Jazz- tall lanky. Sweet. Plays jazz. I miss him. Was gonna go to prom with him then didn't. Oh well. Button helped me through that mess as well.
Sps
Confused- theater kid. That's all
Dragon- strange, doesn't like touch. Goes to Catholic hs
Draw-art who programs too. Goes to special math school 2 hours away. DM
I have a dnd campaign going with them so I probably couldve used their character names bc even if they found this blog they'd just be like ¯\_(ツ)_/¯
Friends ;)
Boy oh boy. Most of these overlap tbh. Noodle boy, lampshade and Eggroll belong here
Callaway- never actually met in person. We talk about golf and send nudes. Ideal person tbh.

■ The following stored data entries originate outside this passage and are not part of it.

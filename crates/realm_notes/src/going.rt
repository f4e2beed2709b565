//! What is noted of a processor that goes out.
ghost use Rattle.std.specs.Prelude.{◌≡◌, ◌<◌, IfOk, Some, slice_get};
ghost use Rattle.std.specs.Option.{option_copied};
ghost use Rattle.journal_notes.specs.Insides.{IsInside};
ghost use Rattle.kernel_state.specs.Meaning.{terms_of};
ghost use Rattle.kernel_state.specs.declared.processor.Errand.TheVariants.{InSlot};
ghost use Rattle.realm_notes.specs.Meaning.{IsExitNoted};
ghost use Rattle.realm_notes.specs.Replaying.{errand_at, left_at};

use crate::leaving::{opened_by, told_at_end};
use crate::notes::Notes;
use base::NoMemory;
use frame_pool::Pages;
use journal_notes::CoreAtWork;
use ns_ram::Lane;
use rpc_cont::Cont;
use std::alloc::Global;
use thread_slots::{Slot, Slots};

/// The call that a slot was left with, if one was.
fn left_in(slots: &Slots<Box<Cont<Pages>>>, slot: u8) -> Option<&Cont<Pages>>
    ensures { option_copied result ≡ left_at (slice_get slots.now slot) }
{
    match slots.as_slice().get(usize::from(slot)) {
        Some(Slot::Suspended { cont, .. }) => Some(cont),
        Some(Slot::Free | Slot::Active { .. }) | None => None,
    }
}

/// A processor goes out from the call of a slot.
pub(crate) fn leave_slot(
    alloc: Global,
    at_work: &mut CoreAtWork,
    slot: u8,
    cpu: u8,
    lane: &mut Lane,
    notes: &mut Notes,
) -> Result<(), NoMemory>
    requires slot { slot < 16 }
    requires inside { IsInside at_work.old.core cpu }
    requires errand { errand_at (slice_get at_work.old.core.parts.processors.items cpu) ≡ Some (InSlot slot) }
    ensures noted { IfOk result (λ _. IsExitNoted at_work.old.core at_work.new.core notes.old notes.new cpu lane.old lane.new) }
    ensures terms { terms_of at_work.new.core ≡ terms_of at_work.old.core }
    ensures realm { notes.new.realm ≡ notes.old.realm }
{
    let Some(number) = notes.number_in(slot) else {
        at_work.leave(cpu, lane);
        return Ok(());
    };
    let call = &at_work.outgoing(cpu).call;
    let opened = notes.opened_as(opened_by(call));
    let told = told_at_end(alloc, call, opened)?;
    at_work.leave(cpu, lane);
    match (left_in(&at_work.core.parts.slots, slot), told) {
        (Some(cont), _) => notes.suspend(alloc, slot, number, cont),
        (None, Some(told)) => notes.finish(alloc, slot, number, told),
        (None, None) => unreachable!(),
    }
}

Neck- am a year older. Mentored his Lego robotics team. Asks for nudes daily. Occasionally gets them.
Step-was my old neighbor. Homeschooled until 7th grade. Very very large. Kinda scary tbh. Send occasionally, dislocated my ankle sucking his dick once
Titan- named after his truck, which I lost my virginity in. We have. An interesting relationship. Met him through a friend not mentioned. He hit on me, we talked, it wasn't gonna work as bf/gf but it would as fwb bc they're was mutual attraction on that end. The first time we met in person I gave him a handjob. December 2018 he told me he needed a break bc his mental health was failing, okay whatever. Comes back around March, do stuff quite often. The other day though, we just got done, and he told me he needed another break bc all he did was run to me for sex when he was sad. Totally cool but he also removed me from stuff so he wouldn't be tempted. Kinda sucks and im honestly a little hurt bc then the friendship is gone too but honestly it's probably for good. He will come back.
Anyway it's late and me and Harvard are both sad so gn, posts soon to come.